Your goal - Starting with the first line, transcribe the material exactly through to the last.

Entries provided -

=======

//! Files of which more than one may have a profile of one name.

ghost use Rattle.std.specs.Prelude.{◌≡◌, ◌++◌, count_by, IfOk};
ghost use Rattle.std.specs.List.{AllZip, list_any};
ghost use Rattle.aa_base.specs.Kinds.{kind_name};
ghost use Rattle.aa_diagnostics.specs.Reports.{IsOfWhole};
ghost use Rattle.aa_skipped.specs.declared.skipped.Skipped.{Skipped};
ghost use Rattle.aa_skipped.specs.Heads.{AreHeadsOf};
ghost use Rattle.aa_skipped.specs.Repeated.{may_meet, may_share, is_repeated, repeated_words, IsSetAside, IsParted, ArePartedBy, AreParted};

use crate::heads::unread_of;
use crate::skipped::{Found, Skipped, Sorted};
use crate::sorting::put;
use aa_base::PolicyKind;
use aa_files::Unit;
use aa_skipping::{Head, Unread, is_of};
use aa_text::{FaultReport, NoMemory};
use std::alloc::{AllocError, Global};

/// Whether profiles with these heads, or children of theirs, may have one name.
fn may_meet(head: &Head, other: &Head) -> bool
    ensures { result ≡ may_meet head.now other.now }
{
    let name = head.name.as_slice();
    let second = other.name.as_slice();
    is_of(name, second) || is_of(second, name)
}

fn meets_one(heads: &[Head], head: &Head) -> bool
    ensures { result ≡ list_any (may_meet head.now) heads.now }
{
    heads.iter().any(|other| may_meet(head, other))
}

fn one_meets(heads: &[Head], others: &[Head]) -> bool
    ensures { result ≡ list_any (λ h. list_any (may_meet h) others.now) heads.now }
{
    heads.iter().any(|head| meets_one(others, head))
}

/// Whether two files may have profiles of one name.
fn may_share(one: &Unread, other: &Unread) -> bool
    ensures { result ≡ may_share one.now other.now }
{
    one_meets(one.heads.as_slice(), other.heads.as_slice())
}

fn count_sharing(read: &[Unread], unread: &Unread) -> usize
    ensures { result ≡ count_by (may_share unread.now) read.now }
{
    read.iter().filter(|other| may_share(unread, other)).count()
}

fn one_shares(skipped: &[Skipped], unread: &Unread) -> bool
    ensures { result ≡ list_any (λ (k : Skipped). may_share unread.now k.unread) skipped.now }
{
    skipped.iter().any(|file| may_share(unread, &file.unread))
}

/// Whether another file than this one may have a profile of a name of its.
fn is_repeated(read: &[Unread], skipped: &[Skipped], unread: &Unread) -> bool
    ensures { result ≡ is_repeated read.now skipped.now unread.now }
{
    count_sharing(read, unread) > 1 || one_shares(skipped, unread)
}

/// What is said of a file of which another has a profile's name.
#[tactic(auto, unfolding(crate::specs::Repeated::repeated_words))]
fn repeated_fault(alloc: Global, path: &[u8]) -> Result<FaultReport, AllocError>
    ensures { IfOk result (λ r. IsOfWhole (kind_name PolicyKind.DuplicateProfile) path.now repeated_words r) }
{
    Ok(FaultReport {
        kind: PolicyKind::DuplicateProfile.name(),
        path: Vec::from_slice(alloc, path)?,
        place: None,
        message: Vec::from_slice(alloc, "another file has a profile of this name".as_bytes())?,
        excerpt: Vec::new(alloc),
        chain: Vec::new(alloc),
        further: Vec::new(alloc),
    })
}

/// What is known of the profiles of each unit.
fn all_heads(alloc: Global, units: &[Unit]) -> Result<Vec<Unread>, NoMemory>
    ensures { IfOk result (λ read. AllZip AreHeadsOf units.now read.items) }
{
    let mut read = Vec::new(alloc);
    for unit in units {
        let unread = unread_of(alloc, unit)?;
        read.push(unread)?;
    }
    Ok(read)
}

/// A unit that is skipped, since another file has a profile's name.
fn set_aside(alloc: Global, unit: &Unit, unread: Unread) -> Result<Skipped, NoMemory>
    ensures path { IfOk result (λ k. k.path.items ≡ unit.now.path.items) }
    ensures unread { IfOk result (λ k. k.unread ≡ unread) }
    ensures told { IfOk result (λ k. IsOfWhole (kind_name PolicyKind.DuplicateProfile) unit.now.path.items repeated_words k.fault) }
{
    let path = unit.path.as_slice();
    Ok(Skipped {
        path: Vec::from_slice(alloc, path)?,
        fault: repeated_fault(alloc, path)?,
        unread,
    })
}

fn part_unit(
    alloc: Global,
    read: &[Unread],
    skipped: &[Skipped],
    unit: Unit,
) -> Result<Found, NoMemory>
    ensures { IfOk result (λ found. IsParted read.now skipped.now unit found) }
{
    let unread = unread_of(alloc, &unit)?;
    if is_repeated(read, skipped, &unread) {
        return Ok(Found::Left(set_aside(alloc, &unit, unread)?));
    }
    Ok(Found::Read(unit))
}

fn part_units(
    alloc: Global,
    read: &[Unread],
    skipped: &[Skipped],
    units: Vec<Unit>,
) -> Result<Sorted, NoMemory>
    ensures { IfOk result (λ parted. ArePartedBy read.now skipped.now units.items parted.units.items parted.skipped.items) }
{
    let mut parted = Sorted {
        units: Vec::new(alloc),
        skipped: Vec::new(alloc),
    };
    for unit in units {
        let found = part_unit(alloc, read, skipped, unit)?;
        put(&mut parted, found)?;
    }
    Ok(parted)
}

/// Skips also the files that are read of which more than one may have a profile of one name, and those of which a skipped file may have
/// one: which of these profiles is loaded last isn't known.
pub fn part_repeated(alloc: Global, sorted: Sorted) -> Result<Sorted, NoMemory>
    ensures { IfOk result (λ parted. AreParted sorted.units.items sorted.skipped.items parted.units.items parted.skipped.items) }
{
    let Sorted { units, mut skipped } = sorted;
    let read = all_heads(alloc, units.as_slice())?;
    let mut parted = part_units(alloc, read.as_slice(), skipped.as_slice(), units)?;
    skipped.append(&mut parted.skipped)?;
    let Sorted { units, skipped: _ } = parted;
    Ok(Sorted { units, skipped })
}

=======

Your response -
//! Files of which more than one may have a profile of one name.

ghost use Rattle.std.specs.Prelude.{◌≡◌, ◌++◌, count_by, IfOk};
ghost use Rattle.std.specs.List.{AllZip, list_any};
ghost use Rattle.aa_base.specs.Kinds.{kind_name};
ghost use Rattle.aa_diagnostics.specs.Reports.{IsOfWhole};
ghost use Rattle.aa_skipped.specs.declared.skipped.Skipped.{Skipped};
ghost use Rattle.aa_skipped.specs.Heads.{AreHeadsOf};
ghost use Rattle.aa_skipped.specs.Repeated.{may_meet, may_share, is_repeated, repeated_words, IsSetAside, IsParted, ArePartedBy, AreParted};

use crate::heads::unread_of;
use crate::skipped::{Found, Skipped, Sorted};
use crate::sorting::put;
use aa_base::PolicyKind;
use aa_files::Unit;
use aa_skipping::{Head, Unread, is_of};
use aa_text::{FaultReport, NoMemory};
use std::alloc::{AllocError, Global};

/// Whether profiles with these heads, or children of theirs, may have one name.
fn may_meet(head: &Head, other: &Head) -> bool
    ensures { result ≡ may_meet head.now other.now }
{
    let name = head.name.as_slice();
    let second = other.name.as_slice();
    is_of(name, second) || is_of(second, name)
}

fn meets_one(heads: &[Head], head: &Head) -> bool
    ensures { result ≡ list_any (may_meet head.now) heads.now }
{
    heads.iter().any(|other| may_meet(head, other))
}

fn one_meets(heads: &[Head], others: &[Head]) -> bool
    ensures { result ≡ list_any (λ h. list_any (may_meet h) others.now) heads.now }
{
    heads.iter().any(|head| meets_one(others, head))
}

/// Whether two files may have profiles of one name.
fn may_share(one: &Unread, other: &Unread) -> bool
    ensures { result ≡ may_share one.now other.now }
{
    one_meets(one.heads.as_slice(), other.heads.as_slice())
}

fn count_sharing(read: &[Unread], unread: &Unread) -> usize
    ensures { result ≡ count_by (may_share unread.now) read.now }
{
    read.iter().filter(|other| may_share(unread, other)).count()
}

fn one_shares(skipped: &[Skipped], unread: &Unread) -> bool
    ensures { result ≡ list_any (λ (k : Skipped). may_share unread.now k.unread) skipped.now }
{
    skipped.iter().any(|file| may_share(unread, &file.unread))
}

/// Whether another file than this one may have a profile of a name of its.
fn is_repeated(read: &[Unread], skipped: &[Skipped], unread: &Unread) -> bool
    ensures { result ≡ is_repeated read.now skipped.now unread.now }
{
    count_sharing(read, unread) > 1 || one_shares(skipped, unread)
}

/// What is said of a file of which another has a profile's name.
#[tactic(auto, unfolding(crate::specs::Repeated::repeated_words))]
fn repeated_fault(alloc: Global, path: &[u8]) -> Result<FaultReport, AllocError>
    ensures { IfOk result (λ r. IsOfWhole (kind_name PolicyKind.DuplicateProfile) path.now repeated_words r) }
{
    Ok(FaultReport {
        kind: PolicyKind::DuplicateProfile.name(),
        path: Vec::from_slice(alloc, path)?,
        place: None,
        message: Vec::from_slice(alloc, "another file has a profile of this name".as_bytes())?,
        excerpt: Vec::new(alloc),
        chain: Vec::new(alloc),
        further: Vec::new(alloc),
    })
}

/// What is known of the profiles of each unit.
fn all_heads(alloc: Global, units: &[Unit]) -> Result<Vec<Unread>, NoMemory>
    ensures { IfOk result (λ read. AllZip AreHeadsOf units.now read.items) }
{
    let mut read = Vec::new(alloc);
    for unit in units {
        let unread = unread_of(alloc, unit)?;
        read.push(unread)?;
    }
    Ok(read)
}

/// A unit that is skipped, since another file has a profile's name.
fn set_aside(alloc: Global, unit: &Unit, unread: Unread) -> Result<Skipped, NoMemory>
    ensures path { IfOk result (λ k. k.path.items ≡ unit.now.path.items) }
    ensures unread { IfOk result (λ k. k.unread ≡ unread) }
    ensures told { IfOk result (λ k. IsOfWhole (kind_name PolicyKind.DuplicateProfile) unit.now.path.items repeated_words k.fault) }
{
    let path = unit.path.as_slice();
    Ok(Skipped {
        path: Vec::from_slice(alloc, path)?,
        fault: repeated_fault(alloc, path)?,
        unread,
    })
}

fn part_unit(
    alloc: Global,
    read: &[Unread],
    skipped: &[Skipped],
    unit: Unit,
) -> Result<Found, NoMemory>
    ensures { IfOk result (λ found. IsParted read.now skipped.now unit found) }
{
    let unread = unread_of(alloc, &unit)?;
    if is_repeated(read, skipped, &unread) {
        return Ok(Found::Left(set_aside(alloc, &unit, unread)?));
    }
    Ok(Found::Read(unit))
}

fn part_units(
    alloc: Global,
    read: &[Unread],
    skipped: &[Skipped],
    units: Vec<Unit>,
) -> Result<Sorted, NoMemory>
    ensures { IfOk result (λ parted. ArePartedBy read.now skipped.now units.items parted.units.items parted.skipped.items) }
{
    let mut parted = Sorted {
        units: Vec::new(alloc),
        skipped: Vec::new(alloc),
    };
    for unit in units {
        let found = part_unit(alloc, read, skipped, unit)?;
        put(&mut parted, found)?;
    }
    Ok(parted)
}

/// Skips also the files that are read of which more than one may have a profile of one name, and those of which a skipped file may have
/// one: which of these profiles is loaded last isn't known.
pub fn part_repeated(alloc: Global, sorted: Sorted) -> Result<Sorted, NoMemory>
    ensures { IfOk result (λ parted. AreParted sorted.units.items sorted.skipped.items parted.units.items parted.skipped.items) }
{
    let Sorted { units, mut skipped } = sorted;
    let read = all_heads(alloc, units.as_slice())?;
    let mut parted = part_units(alloc, read.as_slice(), skipped.as_slice(), units)?;
    skipped.append(&mut parted.skipped)?;
    let Sorted { units, skipped: _ } = parted;
    Ok(Sorted { units, skipped })
}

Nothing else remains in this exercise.